Daily Pulse

Pollstar Live! 2025 Panel Preview: Rock Is Back!

Korn Performs At Shoreline Amphitheater
GOT THE LIFE: Korn, pictured at Shoreline Amphitheatre in Mountain View, California, in 2024, is one of many rock and metal bands of recent decades finding sustained touring success as they reach middle age. Photo by Steve Jennings / Getty Images

Moderator
Allison Hagendorf Jaffe | TV Host – Media Personality – Host of The Allison Hagendorf Show, A-Game Productions

Speakers
Amanda Phelan | Talent Buyer / Festival Promoter, Talent Buyer / Festival Promoter
Ken Fermaglich | Partner / Music Agent, UTA
Keith Cunningham | Master of Mayhem, KLOS-FM/Los Angeles/Meruelo Media
Mark DiDia | Manager, RedLight Management
Ryan Harlacher | Music Touring Agent, Creative Artists Agency

The declaration that “rock ’n’ roll is dead” is nearly as old as the genre itself. Only slightly younger than both is the related declaration that “rock is back.”

As Phoebe Bridgers told Pollstar in a 2023 cover story about her band boygenius (the trio was declared by many observers to be “saving rock ’n’ roll” that summer; from what rock needed to be saved was, as usual, never made clear): “I think rock ’n’ roll is gonna be fine.”

Whether rock is or was dead and is or was in need of salvation is, perhaps, missing the point, and Bridgers may have had the right idea.
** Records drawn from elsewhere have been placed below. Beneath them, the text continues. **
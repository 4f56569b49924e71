//! One thing for each action, a row or a list of links. Actions with the same may share it.

ghost use Rattle.std.specs.Prelude.{◌≡◌, ◌<◌, ◌++◌, ◌∷◌, [], true, length, slice_index_or, OnOk};
ghost use Rattle.std.specs.Vec.{vec_len, vec_capacity};
ghost use Rattle.er_paths.specs.Limits.{most_actions};
ghost use Rattle.er_clocks.specs.Shared.{shared, taken, AreShared, IsTakenFrom};

use er_io::NoMemory;
use std::alloc::Global;

/// The lists, and for each action the number of its own.
pub(crate) struct Shared<T> {
    pub(crate) lists: Vec<T>,
    pub(crate) numbers: Vec<u32>,
}

impl<T: Drop> Drop for Shared<T> {
    fn drop(self) {
        let Shared {
            lists: _,
            numbers: _,
        } = self;
    }
}

/// The list of an action that is to come: that of an earlier one, or one of its own.
#[derive(Drop)]
pub(crate) enum Taken<T> {
    As(u32),
    Own(T),
}

impl<T> Shared<T> {
    /// It takes no memory.
    pub(crate) fn new(alloc: Global) -> Self
        ensures lists { result.lists.items ≡ [] }
        ensures numbers { result.numbers.items ≡ [] }
    {
        Shared {
            lists: Vec::new(alloc),
            numbers: Vec::new(alloc),
        }
    }

    /// The list of j.
    #[tactic(auto, using(crate::proofs::SharedLemmas::listed))]
    pub(crate) fn list(&self, j: u32) -> &T
        requires shared { AreShared self.now.lists.items self.now.numbers.items }
        requires known { j < length self.now.numbers.items }
        ensures { (d : T)
            → result.now
            ≡ slice_index_or (shared d self.now.lists.items self.now.numbers.items) j d }
    {
        &self.lists[self.numbers[j as usize] as usize]
    }

    /// Whether both have one list.
    pub(crate) fn is_one(&self, i: u32, j: u32) -> bool
        requires first { i < length self.now.numbers.items }
        requires second { j < length self.now.numbers.items }
        ensures { result ≡ true → (d : T)
            → slice_index_or (shared d self.now.lists.items self.now.numbers.items) i d
            ≡ slice_index_or (shared d self.now.lists.items self.now.numbers.items) j d }
    {
        self.numbers[i as usize] == self.numbers[j as usize]
    }

    /// Makes room for one action more.
    pub(crate) fn make_room(&mut self) -> Result<(), NoMemory>
        ensures lists { self.new.lists.items ≡ self.old.lists.items }
        ensures numbers { self.new.numbers.items ≡ self.old.numbers.items }
        ensures lists_room { OnOk result (vec_len self.new.lists < vec_capacity self.new.lists) }
        ensures numbers_room { OnOk result
            (vec_len self.new.numbers < vec_capacity self.new.numbers) }
    {
        if self.lists.reserve(1).is_err() {
            return Err(NoMemory);
        }
        if self.numbers.reserve(1).is_err() {
            return Err(NoMemory);
        }
        Ok(())
    }

    /// Adds the list of one action more, for which there is room.
    pub(crate) fn put(&mut self, one: Taken<T>)
        requires lists_room { vec_len self.old.lists < vec_capacity self.old.lists }
        requires numbers_room { vec_len self.old.numbers < vec_capacity self.old.numbers }
        requires shared { AreShared self.old.lists.items self.old.numbers.items }
        requires few { length self.old.numbers.items < most_actions }
        requires known { IsTakenFrom (length self.old.numbers.items) one }
        ensures shared { AreShared self.new.lists.items self.new.numbers.items }
        ensures more { (d : T) → shared d self.new.lists.items self.new.numbers.items
            ≡ shared d self.old.lists.items self.old.numbers.items
            ++ taken d (shared d self.old.lists.items self.old.numbers.items) one ∷ [] }
    {
        match one {
            Taken::As(j) => {
                let number = self.numbers[j as usize];
                put_number(&mut self.numbers, number);
            }
            Taken::Own(list) => {
                let number = self.lists.len() as u32;
                self.lists.push_reserved(list);
                put_number(&mut self.numbers, number);
            }
        }
    }
}

pub(crate) fn put_number(numbers: &mut Vec<u32>, number: u32)
    requires { vec_len numbers.old < vec_capacity numbers.old }
    ensures { numbers.new.items ≡ numbers.old.items ++ number ∷ [] }
{
    numbers.push_reserved(number);
}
Rock ’n’ roll is gonna be fine.

And right now, it’s more than fine. 

Guitar-based bands doing the four-beats-to-the-bar thing are touring juggernauts with plenty of young up-and-comers busting out of the garage and into the clubs and on to festival stages to become the next arena and stadium acts.

Meanwhile, ’90s and aughties rock staples are back doing big business — witness the success of Green Day’s “Saviors” tour and the more than 700,000 tickets Creed moved on its surprise comeback tour that started as a single music cruise experiment.
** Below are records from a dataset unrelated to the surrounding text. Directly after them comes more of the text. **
//! A count of comparisons.

ghost use Rattle.std.specs.Prelude.{◌≡◌, ◌+◌, ◌<◌, ◌^◌};

use std::marker::Model;

/// How many comparisons were made. Callers see the number.
#[derive(Debug, Drop)]
pub struct Meter {
    count: u64,
}

impl Model for Meter {
    ghost use Rattle.std.specs.Prelude.{ℕ};

    ghost Value = { ℕ };

    ghost view = { λ m. m.count };
}

impl Meter {
    pub fn new() -> Self
        ensures { result ≡ 0 }
    {
        Meter { count: 0 }
    }

    pub fn made(&self) -> u64
        ensures { result ≡ self.now }
    {
        self.count
    }

    /// Adds the count of another meter.
    pub fn absorb(&mut self, other: Meter)
        requires { self.old + other < 2 ^ 62 }
        ensures { self.new ≡ self.old + other }
    {
        self.count += other.count;
    }

    pub(crate) fn rise(&mut self, more: u64)
        requires { self.old + more < 2 ^ 62 }
        ensures { self.new ≡ self.old + more }
    {
        self.count += more;
    }
}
Stalwart favorites like Foo Fighters and Pearl Jam basically never stop touring, it seems, and other ’90s alum like Weezer, Stone Temple Pilots, Bush, Live and others — have all done arena or amp runs in recent years. And, of course, the venerable Rolling Stones, AC/DC, Guns N’ Roses of the world show little sign of slowing down. Up and comers like Turnstile, Sleep Token and Fontaines D.C. shot from early spots on festival bills to support to headline in meteoric fashion.

Oh. And Oasis is back (in case you missed it).
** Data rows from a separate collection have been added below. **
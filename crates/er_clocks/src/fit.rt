//! First fit: the lowest chain all of whose members have a path to the action that is to come.

ghost use Rattle.std.specs.Prelude.{◌≡◌, ◌≢◌, ◌≤◌, ◌<◌, ℕ, length, slice_index};
ghost use Rattle.er_clocks.specs.Reached.{reach_at, like_at, IsReachFrom, IsFit};

use crate::row::Number;
use crate::sources::Reach;
use crate::{Chains, Clocks};

impl Clocks {
    /// The chain that first fit takes where these are the entries.
    pub(crate) fn fit(&self, reach: &Reach) -> u32
        requires { IsReachFrom (length self.now) reach.now }
        ensures { IsFit self.now (reach_at self.now reach.now) result }
    {
        match reach {
            Reach::Like(j, number) => self.fit_like(*j, *number),
            Reach::Own(row) => self.fit_row(row.numbers()),
        }
    }

    /// The same where they are those of j, but at its chain. The last members of lower chains have
    /// no path to j: it would have taken such a chain.
    fn fit_like(&self, j: u32, number: u32) -> u32
        requires { j < length self.now }
        ensures { IsFit self.now (like_at self.now j number) result }
    {
        let chain = self.numbers[j as usize];
        if self.chains.length(chain) == number {
            return chain;
        }
        first_full(&self.chains, self.rows.list(j).numbers(), chain + 1)
    }

    fn fit_row(&self, row: &[Number]) -> u32
        ensures { IsFit self.now (slice_index row.now) result }
    {
        first_full(&self.chains, row, 0)
    }
}

/// The lowest chain, of these and higher ones, whose length is the row's number, or how
/// many chains there are.
fn first_full(chains: &Chains, row: &[Number], from: u32) -> u32
    requires begun { (c : ℕ) → c < length chains.now → 0 < slice_index chains.now c }
    ensures within { result ≤ length chains.now }
    ensures above { result < length chains.now → from ≤ result }
    ensures lower { (c : ℕ) → from ≤ c → c < result
        → slice_index row.now c ≢ slice_index chains.now c }
    ensures full { result < length chains.now
        → slice_index row.now result ≡ slice_index chains.now result }
{
    let count = chains.count();
    let end = row.len().min(count as usize);
    for c in from as usize..end {
        if u32::from(row[c]) == chains.length(c as u32) {
            return c as u32;
        }
    }
    count
}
Maybe rock never left and things move in cycles and in flux and right now just feels like a high time, but, rock’s death (and inevitable return) could be proclaimed by some clickbait-chasing pundit anytime.

A panel of rock industry luminaries will examine the genre’s current moment, its status in the culture and its prospects for the future at Pollstar Live!’s “Rock Is Back” panel. 

The panel will feature talent buyer and festival promoter Amanda Phelan; journalist, Rock & Roll Hall of Fame nominating committee member and former Global Head of Rock for Spotify Allison Hagendorf Jaffe;
and Master of Mayhem at LA’s rock leader KLOS Keith Cunningham in a conversation with rock power agents Ken Fermaglich of UTA (GNR, Paramore, Muse and more) and CAA’s Ryan Harlacher (Against Me!, Breaking Benjamin, Avenged Sevenfold) plus manager Mark DiDia of Red Light Management (The Black Crowes, Counting Crows, 3 Doors Down).

They’ll discuss what it takes to break through, separate from the pack and find sustained success as bands look to parlay streams in album buys and ticket sales. 

Reports of rock’s death, as ever, were greatly exaggerated but its current success is without hyperbole.

Rock is more diverse than ever, more lucrative than ever … and more crowded than ever. Breaking through to a sustainable career takes the kind of expertise only those who’ve navigated the ebbs and swells before.

Yes, Phoebe, rock ’n’ roll is gonna be fine. But how do we meet the moment?